Ask HN: What makes PHP so difficult? - joshuahornby

Having been awake now for roughly 30 hours coding my php project what makes it such a tough and confusing language? Does MVC complicate matters? Am I reading the wrong books/website and It is actually quite simple? In my humble opinion it's quite possible the worst server side language going.
======
onion2k
Enough people get on well with it to make it the most popular language for web
development, so the implication is that it's you not finding it easy rather
than the language being especially hard. It doesn't fit with your mindset.
Presumably, as you say it's "possibly the worst server side language going",
you've tried a lot of them. Use what works for you.

Three other points though;

Firstly.. being awake for 30 hours is going to make you sleep deprived and
confused, which will make it harder to code things. You'll probably find
you're more productive coding for 10 hours, sleeping for 10 hours, and then
coding for a further 10 hours than trying to code for 30 hours straight.

Secondly, the language you're using is a small part of app development. Tiny
in fact. In my experience the "40/20/40" rule is right ... designing and
building an app is 40% planning, 20% coding, and 40% testing. That's with
about 15 years web development experience.

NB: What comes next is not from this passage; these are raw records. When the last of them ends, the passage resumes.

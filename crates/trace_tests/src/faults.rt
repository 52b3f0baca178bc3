ghost use Rattle.std.specs.Prelude.{◌<◌};

use ImageFault::{Constant, IdRange, IdxAhead, ImageSize, LenRange};
use ring_trace::{ImageFault, check_image, start_image};
use std::alloc::Global;

/// The fault of a ring's first image with one byte made 255, or none.
type Due = Option<(u32, ImageFault)>;

/// In a descriptor. The lowest byte of its length may be 255.
fn due_in_descriptor(at: u32) -> Due {
    let first = at / 16 * 16;
    match at % 16 {
        0..=7 => Some((first, Constant)),
        8 => None,
        9..=11 => Some((first + 8, LenRange)),
        12 | 13 => Some((first + 12, Constant)),
        _ => Some((first + 14, Constant)),
    }
}

/// In the available ring, from its beginning. A number of 255 fits the largest ring, as an index of 255 does.
fn due_in_available(size: u32, at: u32) -> Due
    requires { (size < 257) × (at < 65536) }
{
    let ring = 16 * size;
    let place = (at - 4.min(at)) / 2 * 2 + ring + 4;
    match at {
        0 | 1 => Some((ring, Constant)),
        2 if size == 256 => None,
        2 | 3 => Some((18 * size + 10, IdxAhead)),
        _ if at % 2 == 0 && size == 256 => None,
        _ => Some((place, IdRange)),
    }
}

/// In the used ring, from its beginning. An index of 65280 is 256 behind an available index of 0.
fn due_in_used(size: u32, queue: u8, at: u32) -> Due
    requires { (size < 257) × (at < 65536) }
{
    let ring = 18 * size + 8;
    let element = (at - 4.min(at)) / 8 * 8 + ring + 4;
    match at {
        0 | 1 => return Some((ring, Constant)),
        3 if size == 256 => return None,
        2 | 3 => return Some((ring + 2, IdxAhead)),
        _ => (),
    }
    match (at - 4.min(at)) % 8 {
        0 if size == 256 => None,
        0..=3 => Some((element, IdRange)),
        4 if queue == 0 => None,
        _ => Some((element + 4, LenRange)),
    }
}

fn due(size: u32, queue: u8, at: u32) -> Due
    requires { (size < 257) × (at < 65536) }
{
    let gap = 18 * size + 6;
    if at < 16 * size {
        due_in_descriptor(at)
    } else if at < 18 * size + 4 {
        due_in_available(size, at - 16 * size)
    } else if at < gap {
        Some((18 * size + 4, Constant))
    } else if at < gap + 2 {
        Some((at, Constant))
    } else if at < 26 * size + 12 {
        due_in_used(size, queue, at - (gap + 2))
    } else {
        Some((26 * size + 12, Constant))
    }
}

/// The first byte of a queue's first image at which a check does not find what is due when that byte is 255.
fn first_wrong(alloc: Global, size: u32, queue: u8) -> Option<Option<u32>>
    requires { (size < 257) × (queue < 2) }
{
    let mut image = start_image(alloc, size, queue).ok()?;
    for at in 0..26 * size + 14 {
        let was = image[at as usize];
        image[at as usize] = 255;
        if check_image(&image).err() != due(size, queue, at) {
            return Some(Some(at));
        }
        image[at as usize] = was;
    }
    Some(None)
}

/// Whether each byte of a queue's first image has what is due when it is 255.
fn are_due(alloc: Global, size: u32, queue: u8) -> bool {
    size <= 256 && queue <= 1 && first_wrong(alloc, size, queue) == Some(None)
}

/// Sizes and queues.
static QUEUES: [(u32, u8); 6] = [(2, 0), (2, 1), (4, 0), (4, 1), (256, 0), (256, 1)];

#[test]
fn each_changed_byte_has_its_fault_and_place(rt: HostRuntime) {
    for (size, queue) in &QUEUES {
        assert!(rt;
            are_due(rt.alloc(), *size, *queue),
            "size {size}, queue {queue}"
        );
    }
}

/// Whether this is the length of an image.
fn is_length(len: usize) -> bool {
    [66, 118, 222, 430, 846, 1678, 3342].contains(&len)
}

/// Whether this many zeros are refused for their length exactly if no image has that length.
fn is_refused(alloc: Global, len: usize) -> Option<bool>
    requires { len < 65536 }
{
    let zeros = Vec::from_elem(alloc, 0u8, len).ok()?;
    Some((check_image(&zeros) == Err((len as u32, ImageSize))) != is_length(len))
}

#[test]
fn any_other_length_is_no_image(rt: HostRuntime) {
    for len in 0..3601 {
        assert!(rt; is_refused(rt.alloc(), len) == Some(true), "{len} bytes");
    }
}
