//! The tables.

ghost use Rattle.std.specs.Prelude.{count_by, ◌≡◌, ◌+◌, ◌^◌, ◌<◌, [], true, false, find, length, option_and_then, is_some, IsSome, Some, None, IfOk, OnOk, OnErr};
ghost use Rattle.std.specs.Option.{option_copied, option_map};
ghost use Rattle.ipc_terms.specs.Objects.{family_of};
ghost use Rattle.ipc_terms.specs.declared.ids.Family.TheVariants.{Mq, Sem as SemFamily};
ghost use Rattle.ipc_names.specs.Directory.{first_directory, object_named};
ghost use Rattle.ipc_descr.specs.Descriptions.{is_desc, row_of};
ghost use Rattle.ipc_tables.specs.Charging.{Covered, Affords};
ghost use Rattle.ipc_tables.specs.Objects.{HasRoom, is_queue, row_at, queue_at, semaphore_at, counts_of};
ghost use Rattle.ipc_sem.specs.Counters.{overflows};
ghost use Rattle.ipc_tables.specs.TablesView.{TablesView, directory_kept, live_at, live_session, parked_on_at};
ghost use Rattle.ipc_tables.specs.Steps.{with_object, with_binding, without_binding, after_post, after_wait, after_try, after_hello, after_umask, after_found, after_created, after_close, after_unlink, after_hangup, after_send, after_receive, after_withdrawal, after_setattr, after_hand_over, after_facts, after_limit, after_notify, first_tables};

use crate::counts::Counts;
use crate::objects::{Objects, bytes_taken};
use crate::rows::{Body, ObjectRow, Session};
use crate::sessions::Sessions;
use ipc_access::Users;
use ipc_containers::NumberedBoxes;
use ipc_descr::{Charges, Descrs};
use ipc_names::{NameDir, NameHashing};
use ipc_queue::{Queue, ReceiveOutcome, SendOutcome};
use ipc_sem::{Sem, WaitOutcome};
use ipc_terms::{Access, Bytes, Desc, Facts, Family, Kind, Mode, Name, NoMemory, Object, Sid, Uid};
use std::alloc::Global;
use std::marker::Model;

/// How many semaphores have names at most. No rule bounds them, and each user may create some; one more finds no memory. Of queues
/// a limit of the configuration, which is no higher, lets in as many.
const MOST_NAMED_SEMAPHORES: usize = 65_536;

/// Who opens a description, and what it gives besides the object.
#[derive(Clone, Copy)]
pub struct Grant {
    pub session: Sid,
    pub access: Access,
    pub nonblock: bool,
}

And lastly, if you think PHP is the worst server side language, you've
obviously never written a large scale site in Perl. ;)

------
carloc
PHP offers a lot of choice.

You can use it rather nicely, but it also allows you to write some really
awful code. Admittedly, it does not do much to help you write good
(=understandable, maintainable) code.

This post is rather interesting in terms of using the good parts of PHP:

[http://fabien.potencier.org/article/64/php-is-much-better-
th...](http://fabien.potencier.org/article/64/php-is-much-better-than-you-
think)

I have been using the author's PHP framework for 2 years now and have
experienced huge improvements in the quality of the code I write simply by
being exposed to his example. He basically uses a lot of objects but very
little inheritance. He also is religious about the DRY principle.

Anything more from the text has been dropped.